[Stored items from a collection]
((
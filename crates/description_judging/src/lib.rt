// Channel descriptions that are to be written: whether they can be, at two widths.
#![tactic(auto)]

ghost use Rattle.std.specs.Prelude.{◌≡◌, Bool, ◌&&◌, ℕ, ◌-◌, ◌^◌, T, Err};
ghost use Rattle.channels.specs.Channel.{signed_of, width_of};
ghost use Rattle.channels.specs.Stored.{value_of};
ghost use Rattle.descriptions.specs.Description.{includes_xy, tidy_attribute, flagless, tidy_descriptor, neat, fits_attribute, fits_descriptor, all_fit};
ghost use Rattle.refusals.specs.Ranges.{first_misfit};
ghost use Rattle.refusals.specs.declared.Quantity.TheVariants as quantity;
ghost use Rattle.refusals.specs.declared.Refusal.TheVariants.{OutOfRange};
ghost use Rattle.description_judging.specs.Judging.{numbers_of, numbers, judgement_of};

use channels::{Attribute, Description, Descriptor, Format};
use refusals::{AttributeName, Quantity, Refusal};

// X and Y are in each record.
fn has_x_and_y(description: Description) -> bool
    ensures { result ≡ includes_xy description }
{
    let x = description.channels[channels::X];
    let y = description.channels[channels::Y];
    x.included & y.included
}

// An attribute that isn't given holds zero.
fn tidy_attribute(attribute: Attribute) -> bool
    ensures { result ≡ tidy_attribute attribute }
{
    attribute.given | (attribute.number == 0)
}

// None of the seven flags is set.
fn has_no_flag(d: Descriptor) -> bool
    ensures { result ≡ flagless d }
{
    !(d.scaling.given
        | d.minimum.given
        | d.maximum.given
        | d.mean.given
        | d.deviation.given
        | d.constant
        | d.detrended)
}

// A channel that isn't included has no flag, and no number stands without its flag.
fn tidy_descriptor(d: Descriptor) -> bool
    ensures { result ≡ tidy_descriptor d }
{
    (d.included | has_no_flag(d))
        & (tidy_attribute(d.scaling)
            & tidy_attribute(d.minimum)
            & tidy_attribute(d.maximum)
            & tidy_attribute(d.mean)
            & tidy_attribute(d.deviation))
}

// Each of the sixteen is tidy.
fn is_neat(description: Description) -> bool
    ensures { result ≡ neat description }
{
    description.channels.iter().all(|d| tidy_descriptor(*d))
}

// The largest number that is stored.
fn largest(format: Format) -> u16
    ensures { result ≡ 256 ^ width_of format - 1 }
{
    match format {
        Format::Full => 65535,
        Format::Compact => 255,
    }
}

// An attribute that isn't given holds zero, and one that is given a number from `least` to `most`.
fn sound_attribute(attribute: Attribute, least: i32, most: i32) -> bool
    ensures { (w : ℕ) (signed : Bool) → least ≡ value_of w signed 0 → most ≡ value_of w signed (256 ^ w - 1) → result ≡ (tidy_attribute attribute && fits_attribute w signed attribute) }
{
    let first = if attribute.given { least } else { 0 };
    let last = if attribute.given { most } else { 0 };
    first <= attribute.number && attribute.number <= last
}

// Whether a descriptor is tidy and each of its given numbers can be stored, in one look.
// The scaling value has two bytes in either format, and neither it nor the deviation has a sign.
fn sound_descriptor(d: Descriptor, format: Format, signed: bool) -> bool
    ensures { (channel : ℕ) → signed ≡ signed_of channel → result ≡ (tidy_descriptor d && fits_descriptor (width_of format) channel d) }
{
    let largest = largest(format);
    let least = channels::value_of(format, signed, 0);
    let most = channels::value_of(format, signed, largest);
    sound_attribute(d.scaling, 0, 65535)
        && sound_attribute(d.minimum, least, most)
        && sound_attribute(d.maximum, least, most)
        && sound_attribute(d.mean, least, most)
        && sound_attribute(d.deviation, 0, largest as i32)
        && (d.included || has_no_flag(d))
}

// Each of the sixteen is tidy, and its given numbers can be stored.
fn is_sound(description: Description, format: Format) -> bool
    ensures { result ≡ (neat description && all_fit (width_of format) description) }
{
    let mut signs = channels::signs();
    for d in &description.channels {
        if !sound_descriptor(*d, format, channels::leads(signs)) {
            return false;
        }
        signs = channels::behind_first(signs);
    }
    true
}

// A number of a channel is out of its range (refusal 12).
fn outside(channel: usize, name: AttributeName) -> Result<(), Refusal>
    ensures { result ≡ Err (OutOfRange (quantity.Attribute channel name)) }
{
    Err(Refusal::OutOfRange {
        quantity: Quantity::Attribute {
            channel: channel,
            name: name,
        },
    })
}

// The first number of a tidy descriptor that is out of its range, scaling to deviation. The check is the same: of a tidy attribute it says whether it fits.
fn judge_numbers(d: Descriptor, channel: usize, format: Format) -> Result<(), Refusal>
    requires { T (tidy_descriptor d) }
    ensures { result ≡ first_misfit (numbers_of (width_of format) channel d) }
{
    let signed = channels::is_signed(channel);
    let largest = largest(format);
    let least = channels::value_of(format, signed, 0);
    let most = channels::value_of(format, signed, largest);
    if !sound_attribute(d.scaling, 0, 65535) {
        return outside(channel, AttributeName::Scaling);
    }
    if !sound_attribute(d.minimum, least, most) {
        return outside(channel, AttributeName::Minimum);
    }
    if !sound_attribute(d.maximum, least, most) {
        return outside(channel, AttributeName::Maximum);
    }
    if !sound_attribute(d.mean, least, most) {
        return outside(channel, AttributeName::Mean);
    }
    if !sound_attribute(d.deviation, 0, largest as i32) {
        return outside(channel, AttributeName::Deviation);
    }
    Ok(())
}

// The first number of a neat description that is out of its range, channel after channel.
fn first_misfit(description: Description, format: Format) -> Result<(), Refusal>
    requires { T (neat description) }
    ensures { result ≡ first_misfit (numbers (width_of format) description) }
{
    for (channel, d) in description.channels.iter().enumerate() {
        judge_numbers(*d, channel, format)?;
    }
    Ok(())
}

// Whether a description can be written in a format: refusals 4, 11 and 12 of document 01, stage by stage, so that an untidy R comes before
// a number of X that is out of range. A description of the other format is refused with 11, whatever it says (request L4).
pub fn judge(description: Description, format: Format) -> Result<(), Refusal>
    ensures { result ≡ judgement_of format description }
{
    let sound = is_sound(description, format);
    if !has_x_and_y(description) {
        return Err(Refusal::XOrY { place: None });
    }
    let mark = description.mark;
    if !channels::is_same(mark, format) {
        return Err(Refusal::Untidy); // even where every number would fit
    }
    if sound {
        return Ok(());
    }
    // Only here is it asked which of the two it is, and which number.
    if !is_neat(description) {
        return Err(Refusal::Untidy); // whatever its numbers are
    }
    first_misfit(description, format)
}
))
Copy out each line of the records where the word "sixteen" appears.

// Each of the sixteen is tidy.
// Each of the sixteen is tidy, and its given numbers can be stored.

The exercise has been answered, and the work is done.